[Opening DATASET ENTRIES section]

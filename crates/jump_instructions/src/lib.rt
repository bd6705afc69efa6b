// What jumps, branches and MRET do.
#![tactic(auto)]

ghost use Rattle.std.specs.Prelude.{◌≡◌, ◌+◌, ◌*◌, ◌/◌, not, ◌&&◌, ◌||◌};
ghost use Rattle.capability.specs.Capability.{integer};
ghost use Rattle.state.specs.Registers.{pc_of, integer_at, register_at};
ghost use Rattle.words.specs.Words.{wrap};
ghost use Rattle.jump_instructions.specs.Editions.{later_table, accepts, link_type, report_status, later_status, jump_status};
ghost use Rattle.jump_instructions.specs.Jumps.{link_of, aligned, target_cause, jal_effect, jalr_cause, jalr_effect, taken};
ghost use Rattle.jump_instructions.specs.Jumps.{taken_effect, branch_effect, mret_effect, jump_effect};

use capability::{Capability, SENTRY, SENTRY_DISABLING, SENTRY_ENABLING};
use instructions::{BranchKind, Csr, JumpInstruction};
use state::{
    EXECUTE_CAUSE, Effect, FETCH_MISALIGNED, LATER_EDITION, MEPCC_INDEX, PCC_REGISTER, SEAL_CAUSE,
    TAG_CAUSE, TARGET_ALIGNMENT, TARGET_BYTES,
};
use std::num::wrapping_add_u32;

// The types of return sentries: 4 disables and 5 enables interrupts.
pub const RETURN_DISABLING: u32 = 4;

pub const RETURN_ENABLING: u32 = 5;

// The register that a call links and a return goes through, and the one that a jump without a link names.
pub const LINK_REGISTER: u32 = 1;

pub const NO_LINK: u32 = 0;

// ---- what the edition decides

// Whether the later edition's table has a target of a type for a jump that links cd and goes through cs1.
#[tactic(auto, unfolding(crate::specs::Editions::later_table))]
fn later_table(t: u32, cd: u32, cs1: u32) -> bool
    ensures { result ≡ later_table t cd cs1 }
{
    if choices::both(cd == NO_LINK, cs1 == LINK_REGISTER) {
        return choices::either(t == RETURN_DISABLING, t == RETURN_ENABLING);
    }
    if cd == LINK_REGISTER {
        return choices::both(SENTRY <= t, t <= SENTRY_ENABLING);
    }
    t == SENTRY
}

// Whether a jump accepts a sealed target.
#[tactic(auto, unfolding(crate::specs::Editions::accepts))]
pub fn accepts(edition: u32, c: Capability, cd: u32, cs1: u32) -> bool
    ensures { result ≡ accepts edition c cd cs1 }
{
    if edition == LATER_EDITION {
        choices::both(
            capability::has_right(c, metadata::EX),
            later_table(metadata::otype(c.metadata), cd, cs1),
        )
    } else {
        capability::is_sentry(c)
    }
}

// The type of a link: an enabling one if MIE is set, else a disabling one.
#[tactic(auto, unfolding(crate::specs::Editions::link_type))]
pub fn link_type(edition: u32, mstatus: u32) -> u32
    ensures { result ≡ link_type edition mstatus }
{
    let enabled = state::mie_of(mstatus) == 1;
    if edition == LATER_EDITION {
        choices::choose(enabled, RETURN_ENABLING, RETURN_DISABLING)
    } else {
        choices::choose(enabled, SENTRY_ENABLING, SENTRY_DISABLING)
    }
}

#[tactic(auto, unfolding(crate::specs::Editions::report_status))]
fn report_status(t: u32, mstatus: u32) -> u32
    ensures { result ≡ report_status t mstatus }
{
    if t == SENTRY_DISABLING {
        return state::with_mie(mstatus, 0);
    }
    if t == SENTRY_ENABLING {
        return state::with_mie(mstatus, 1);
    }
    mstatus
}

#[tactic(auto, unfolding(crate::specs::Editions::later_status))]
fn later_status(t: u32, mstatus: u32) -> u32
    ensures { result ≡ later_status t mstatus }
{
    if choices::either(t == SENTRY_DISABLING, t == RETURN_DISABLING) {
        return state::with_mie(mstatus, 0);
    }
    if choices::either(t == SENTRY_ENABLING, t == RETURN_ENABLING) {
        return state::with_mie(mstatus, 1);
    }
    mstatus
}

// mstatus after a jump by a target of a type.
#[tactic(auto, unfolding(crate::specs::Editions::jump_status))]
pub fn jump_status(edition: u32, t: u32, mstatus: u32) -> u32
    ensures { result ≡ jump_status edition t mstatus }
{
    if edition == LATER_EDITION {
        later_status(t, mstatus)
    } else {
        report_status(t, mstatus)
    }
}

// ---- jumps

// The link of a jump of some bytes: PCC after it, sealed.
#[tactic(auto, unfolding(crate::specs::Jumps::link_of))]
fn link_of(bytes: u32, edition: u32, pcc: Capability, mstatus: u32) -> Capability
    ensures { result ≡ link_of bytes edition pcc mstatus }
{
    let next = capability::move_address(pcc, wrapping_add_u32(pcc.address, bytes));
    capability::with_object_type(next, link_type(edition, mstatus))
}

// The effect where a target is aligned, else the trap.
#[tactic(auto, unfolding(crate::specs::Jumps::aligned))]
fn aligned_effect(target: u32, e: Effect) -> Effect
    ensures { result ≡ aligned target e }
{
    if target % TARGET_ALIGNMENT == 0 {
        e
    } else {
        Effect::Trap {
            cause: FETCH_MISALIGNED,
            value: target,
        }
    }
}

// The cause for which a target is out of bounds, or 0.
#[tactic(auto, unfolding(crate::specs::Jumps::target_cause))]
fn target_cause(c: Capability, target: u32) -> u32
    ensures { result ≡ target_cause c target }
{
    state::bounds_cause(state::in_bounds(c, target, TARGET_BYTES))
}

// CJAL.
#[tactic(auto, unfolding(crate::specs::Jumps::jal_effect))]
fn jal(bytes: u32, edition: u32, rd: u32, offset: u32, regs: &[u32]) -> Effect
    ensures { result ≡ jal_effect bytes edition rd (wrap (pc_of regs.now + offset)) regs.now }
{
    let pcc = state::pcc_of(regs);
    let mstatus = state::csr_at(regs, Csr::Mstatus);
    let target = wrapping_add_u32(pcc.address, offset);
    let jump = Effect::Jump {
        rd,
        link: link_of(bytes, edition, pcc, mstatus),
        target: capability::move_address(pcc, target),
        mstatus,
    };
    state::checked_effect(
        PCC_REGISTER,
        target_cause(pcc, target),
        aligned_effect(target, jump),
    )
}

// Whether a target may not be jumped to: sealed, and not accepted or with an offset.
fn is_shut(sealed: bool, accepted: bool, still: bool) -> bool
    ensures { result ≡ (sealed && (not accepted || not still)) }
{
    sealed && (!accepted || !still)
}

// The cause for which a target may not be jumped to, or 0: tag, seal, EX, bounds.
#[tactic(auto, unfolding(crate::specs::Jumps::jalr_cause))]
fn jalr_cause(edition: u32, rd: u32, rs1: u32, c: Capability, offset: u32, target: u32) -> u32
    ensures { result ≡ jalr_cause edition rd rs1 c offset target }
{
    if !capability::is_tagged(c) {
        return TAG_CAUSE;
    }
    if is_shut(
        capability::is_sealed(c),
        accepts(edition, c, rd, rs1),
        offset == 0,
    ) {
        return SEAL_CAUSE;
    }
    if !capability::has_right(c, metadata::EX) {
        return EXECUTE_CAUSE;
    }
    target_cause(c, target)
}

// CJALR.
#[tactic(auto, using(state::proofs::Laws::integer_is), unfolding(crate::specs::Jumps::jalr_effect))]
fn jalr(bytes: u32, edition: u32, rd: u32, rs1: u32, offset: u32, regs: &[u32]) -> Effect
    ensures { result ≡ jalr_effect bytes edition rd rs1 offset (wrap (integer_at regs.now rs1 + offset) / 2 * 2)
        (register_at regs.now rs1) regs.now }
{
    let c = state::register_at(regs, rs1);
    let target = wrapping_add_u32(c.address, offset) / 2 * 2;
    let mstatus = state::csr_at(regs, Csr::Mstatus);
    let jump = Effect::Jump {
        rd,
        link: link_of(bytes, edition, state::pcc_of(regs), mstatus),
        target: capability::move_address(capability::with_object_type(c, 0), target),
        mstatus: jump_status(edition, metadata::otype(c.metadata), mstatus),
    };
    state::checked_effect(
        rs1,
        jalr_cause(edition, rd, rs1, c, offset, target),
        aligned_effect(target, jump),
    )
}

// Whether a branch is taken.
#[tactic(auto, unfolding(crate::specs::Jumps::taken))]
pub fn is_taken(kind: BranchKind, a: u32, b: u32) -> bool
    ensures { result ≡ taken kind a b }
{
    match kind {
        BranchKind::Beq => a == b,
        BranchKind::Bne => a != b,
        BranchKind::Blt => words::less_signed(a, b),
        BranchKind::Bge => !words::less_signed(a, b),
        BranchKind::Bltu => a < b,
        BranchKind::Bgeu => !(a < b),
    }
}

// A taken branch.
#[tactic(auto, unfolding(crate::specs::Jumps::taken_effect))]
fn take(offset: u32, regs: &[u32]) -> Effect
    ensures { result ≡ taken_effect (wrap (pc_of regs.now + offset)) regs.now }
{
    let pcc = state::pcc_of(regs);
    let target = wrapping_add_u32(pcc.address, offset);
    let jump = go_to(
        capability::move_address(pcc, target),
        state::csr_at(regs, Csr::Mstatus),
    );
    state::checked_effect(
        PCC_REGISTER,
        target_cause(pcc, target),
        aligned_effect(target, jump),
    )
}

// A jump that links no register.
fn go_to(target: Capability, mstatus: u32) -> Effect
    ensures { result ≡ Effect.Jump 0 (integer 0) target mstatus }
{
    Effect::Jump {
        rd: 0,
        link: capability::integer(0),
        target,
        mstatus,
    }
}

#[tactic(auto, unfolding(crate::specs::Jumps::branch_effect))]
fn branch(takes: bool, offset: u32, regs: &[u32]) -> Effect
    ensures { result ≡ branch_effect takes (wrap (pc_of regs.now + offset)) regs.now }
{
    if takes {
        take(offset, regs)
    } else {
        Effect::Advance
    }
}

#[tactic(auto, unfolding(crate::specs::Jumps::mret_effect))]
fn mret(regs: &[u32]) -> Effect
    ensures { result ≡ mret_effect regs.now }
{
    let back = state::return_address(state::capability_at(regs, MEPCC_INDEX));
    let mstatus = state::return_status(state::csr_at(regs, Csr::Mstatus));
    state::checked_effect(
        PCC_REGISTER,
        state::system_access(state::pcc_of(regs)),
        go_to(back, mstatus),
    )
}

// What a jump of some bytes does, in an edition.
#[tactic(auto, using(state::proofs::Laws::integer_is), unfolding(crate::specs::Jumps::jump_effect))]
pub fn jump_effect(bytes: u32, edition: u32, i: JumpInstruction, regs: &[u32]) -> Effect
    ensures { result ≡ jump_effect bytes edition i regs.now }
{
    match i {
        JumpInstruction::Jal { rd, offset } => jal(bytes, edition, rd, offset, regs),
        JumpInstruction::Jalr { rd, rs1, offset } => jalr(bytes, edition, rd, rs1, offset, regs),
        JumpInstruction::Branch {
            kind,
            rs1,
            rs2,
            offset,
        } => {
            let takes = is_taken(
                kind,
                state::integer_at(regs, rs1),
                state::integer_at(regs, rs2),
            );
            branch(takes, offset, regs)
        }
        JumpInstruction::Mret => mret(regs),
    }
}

[Closing DATASET ENTRIES section]

TASK BRIEF -
Copy the records above exactly, from the first line through the line containing "use std::num::wrapping_add_u32;", and include nothing else.

RESPONSE TO THIS EXERCISE -
filename crates/jump_instructions/src/lib.rt
repository bd6705afc69efa6b
// What jumps, branches and MRET do.
#![tactic(auto)]

ghost use Rattle.std.specs.Prelude.{◌≡◌, ◌+◌, ◌*◌, ◌/◌, not, ◌&&◌, ◌||◌};
ghost use Rattle.capability.specs.Capability.{integer};
ghost use Rattle.state.specs.Registers.{pc_of, integer_at, register_at};
ghost use Rattle.words.specs.Words.{wrap};
ghost use Rattle.jump_instructions.specs.Editions.{later_table, accepts, link_type, report_status, later_status, jump_status};
ghost use Rattle.jump_instructions.specs.Jumps.{link_of, aligned, target_cause, jal_effect, jalr_cause, jalr_effect, taken};
ghost use Rattle.jump_instructions.specs.Jumps.{taken_effect, branch_effect, mret_effect, jump_effect};

use capability::{Capability, SENTRY, SENTRY_DISABLING, SENTRY_ENABLING};
use instructions::{BranchKind, Csr, JumpInstruction};
use state::{
    EXECUTE_CAUSE, Effect, FETCH_MISALIGNED, LATER_EDITION, MEPCC_INDEX, PCC_REGISTER, SEAL_CAUSE,
    TAG_CAUSE, TARGET_ALIGNMENT, TARGET_BYTES,
};
use std::num::wrapping_add_u32;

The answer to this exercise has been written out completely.